» Work instructions: Using the records below, transcribe word for word the stretch from the line that contains "use std::time::Instant;" through the line that contains "each kind once.", both end lines included, and nothing else.

» Supplied data:
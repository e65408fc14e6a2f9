//! The driver of the physical function and the service, in one thread.
use crate::round::{Kind, Plan};
use addr_tables::registers::{MPSAR, RAH, RAL};
use device::{Request, Room};
use device_lock::{LockedDevice, Share, WhenFull};
use guest_memory::GuestMem;
use pool_filter::registers::{PFDTXGSWC, PFVFRE, PFVFTE, VMOLR};
use rand_pcg::Pcg32;
use rand_pcg::rand_core::Rng;
use std::sync::Wait;
use std::sync::ledger::Ledger;
use std::time::Clock;
use vf_unit::Queue;

/// A pool takes broadcasts and untagged frames: BAM and AUPE of VMOLR.
const ACCEPTS: u32 = 1 << 27 | 1 << 24;
/// All pools may receive and transmit, and frames go from one to another.
const SWITCHED: [(u32, u32); 5] = [
    (PFVFRE.first, u32::MAX),
    (PFVFRE.first + PFVFRE.stride, u32::MAX),
    (PFVFTE.first, u32::MAX),
    (PFVFTE.first + PFVFTE.stride, u32::MAX),
    (PFDTXGSWC, 1),
];

// Asks what the share may, and tells whether the call was kept.
fn ask<M: GuestMem, L: Ledger, R: Wait>(
    rt: &R,
    device: &LockedDevice<M, L>,
    share: &mut Share<L>,
    request: Request<'_>,
    room: &mut Room,
) -> bool {
    if !share.may(request) {
        return false;
    }
    device
        .act_request(rt, share, request, room, WhenFull::Refuse)
        .is_some()
}

/// Opens all functions and sets the filters up, by the service: pool p has the address 02:00:00:00:00:p.
pub fn set_up<M: GuestMem, L: Ledger, R: Wait>(
    rt: &R,
    device: &LockedDevice<M, L>,
    service: &mut Share<L>,
) {
    let mut room = Room::new();
    for (offset, value) in SWITCHED {
        ask(
            rt,
            device,
            service,
            Request::PfWrite(offset, value),
            &mut room,
        );
    }
    for pool in 0..64u8 {
        let entry = u32::from(pool);
        let writes = [
            (RAL.first + RAL.stride * entry, 2),
            (RAH.first + RAH.stride * entry, 1 << 31 | entry << 8),
            (
                MPSAR.first + MPSAR.stride * (2 * entry + entry / 32),
                1 << (entry % 32),
            ),
            (VMOLR.first + VMOLR.stride * entry, ACCEPTS),
        ];
        ask(rt, device, service, Request::Open(pool), &mut room);
        for (offset, value) in writes {
            ask(
                rt,
                device,
                service,
                Request::PfWrite(offset, value),
                &mut room,
            );
        }
    }
}

/// Changes what pools accept, and serves queues, until it is over; and folds the history where it is half full, or ends where it
/// is full and can't be folded. How often it was folded.
pub fn drive<M: GuestMem, L: Ledger, R: Wait + Clock>(
    rt: &R,
    device: &LockedDevice<M, L>,
    pf: &mut Share<L>,
    service: &mut Share<L>,
    plan: Plan,
) -> u64 {
    let is_folded = plan.kind == Kind::Fold;
    let mut chance = Pcg32::new(plan.seed, 64);
    let mut room = Room::new();
    let (mut turns, mut folds) = (0u64, 0u64);
    for _ in rt.forever() {
        if plan.until.is_over(rt, turns) {
            break;
        }
        turns = turns.wrapping_add(1);
        if is_folded && device.kept(rt) >= plan.cap / 2 && device.fold(rt).is_some() {
            folds = folds.wrapping_add(1);
        }
        let value = chance.next_u32();
        let pool = (value % 64) as u8;
        let accepts = if value >> 28 == 0 { 0 } else { ACCEPTS };
        let at = VMOLR.first + VMOLR.stride * u32::from(pool);
        let is_set = ask(rt, device, pf, Request::PfWrite(at, accepts), &mut room);
        let is_served = ask(
            rt,
            device,
            service,
            Request::Serve(pool, Queue::Q0),
            &mut room,
        );
        if !(is_folded || is_set && is_served) {
            break;
        }
    }
    folds
}
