//! A soak, no part of the product: 64 guests, each in a thread of its own, ask one recorded device as fast as they can, while
//! frames come from the wire, the physical function's driver changes what pools accept, and the service serves queues.
//!
//! - With no arguments each soak is done once with few calls, and the output says whether it came out right.
//! - `fold SECONDS`: the history is folded as it fills. At the end the shares are gathered, and the calls that were folded away
//!   and those that are kept are their sum.
//! - `fill SECONDS`: there is no twin. A device is asked until its history is full, and then a fresh one gives the kept
//!   answers; this is done anew until the time is over.
//!
//! Status 1: something came out wrong.
#![tactic(auto)]

mod crew;
mod driver;
mod guest;
mod report;
mod round;
mod until;
mod wire;

use crate::report::print;
use crate::round::{Figures, Kind, Plan, Stage, round};
use crate::until::Until;
use anyhow::{Result, anyhow};
use guest_memory::FlatMem;
use lock_support::line;
use std::alloc::Global;
use std::env;
use std::marker::Brand;
use std::sync::ledger::Blank;
use std::time::Instant;
use test_support::memories;

/// How many guests there are: all that a card can have.
const GUESTS: u8 = 64;
/// How many bytes the memory of each has.
const MEMORY: u64 = 65_536;
/// How many calls a history keeps.
const CAP: usize = 65_536;
/// How many it keeps where each soak is done once, and how many turns a thread does then.
const FEW: usize = 600;

const TURNS: u64 = 40;

// What a round is done on.
fn stage(alloc: Global) -> Result<Stage<FlatMem>> {
    let (line, seats) = line(alloc)?;
    Ok(Stage {
        line,
        seats,
        live: memories(alloc, usize::from(GUESTS), MEMORY)?,
        other: memories(alloc, usize::from(GUESTS), MEMORY)?,
    })
}

// What is asked for: a kind, and for how many seconds; or each kind once.
fn asked(words: &[String]) -> Option<Option<(Kind, u64)>> {
    let [kind, seconds] = words else {
        return if words.is_empty() { Some(None) } else { None };
    };
    let seconds = seconds.as_str().parse::<u64>().ok()?;
    match kind.as_str() {
        "fold" => Some(Some((Kind::Fold, seconds))),
        "fill" => Some(Some((Kind::Fill, seconds))),
        _ => None,
    }
}

// How a round is done: of the kind that is asked for, or of each kind in turn.
fn plan_of(asked: Option<(Kind, u64)>, begin: Instant, seed: u64) -> Plan {
    let (kind, cap, turns, seconds) = match asked {
        Some((Kind::Fold, seconds)) => (Kind::Fold, CAP, u64::MAX, seconds),
        Some((Kind::Fill, _)) => (Kind::Fill, CAP, u64::MAX, u64::MAX),
        None if seed == 0 => (Kind::Fold, FEW, TURNS, u64::MAX),
        None => (Kind::Fill, FEW, TURNS, u64::MAX),
    };
    Plan {
        kind,
        cap,
        until: Until {
            start: begin,
            seconds,
            turns,
        },
        seed,
    }
}

// Whether no round comes after this one.
fn is_last(asked: Option<(Kind, u64)>, seed: u64, seconds: u64) -> bool {
    match asked {
        Some((Kind::Fold, _)) => true,
        Some((Kind::Fill, most)) => seconds >= most,
        None => seed == 1,
    }
}

fn main(rt: HostRuntime) -> Result<()> {
    let alloc = rt.alloc();
    let words = env::args(&rt)?.skip(1).collect::<Vec<String>>(alloc)?;
    let Some(asked) = asked(&words) else {
        return Err(anyhow!("soak: `fold SECONDS`, `fill SECONDS`, or no arguments"));
    };
    let begin = Instant::now(&rt)?;
    let (mut seed, mut all) = (0u64, Figures::default());
    for _ in rt.forever() {
        let plan = plan_of(asked, begin, seed);
        let figures = round::<FlatMem, Brand, HostRuntime>(
            rt,
            alloc,
            Blank::new(67),
            stage(alloc)?,
            plan,
        )?;
        if !figures.is_right(plan.kind, plan.cap) {
            return Err(anyhow!("soak: a round came out wrong"));
        }
        all = all.and(figures);
        if asked.is_none() {
            println!(rt; "{:?}: right", plan.kind)?;
        }
        let seconds = begin.elapsed(&rt)?.as_secs();
        if is_last(asked, seed, seconds) {
            if asked.is_some() {
                print(
                    &mut rt.stdout(),
                    plan.kind,
                    &all,
                    seed.wrapping_add(1),
                    seconds,
                )?;
            }
            return Ok(());
        }
        seed = seed.wrapping_add(1);
    }
    unreachable!()
}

» Output of the task:
use std::time::Instant;
use test_support::memories;

/// How many guests there are: all that a card can have.
const GUESTS: u8 = 64;
/// How many bytes the memory of each has.
const MEMORY: u64 = 65_536;
/// How many calls a history keeps.
const CAP: usize = 65_536;
/// How many it keeps where each soak is done once, and how many turns a thread does then.
const FEW: usize = 600;

const TURNS: u64 = 40;

// What a round is done on.
fn stage(alloc: Global) -> Result<Stage<FlatMem>> {
    let (line, seats) = line(alloc)?;
    Ok(Stage {
        line,
        seats,
        live: memories(alloc, usize::from(GUESTS), MEMORY)?,
        other: memories(alloc, usize::from(GUESTS), MEMORY)?,
    })
}

// What is asked for: a kind, and for how many seconds; or each kind once.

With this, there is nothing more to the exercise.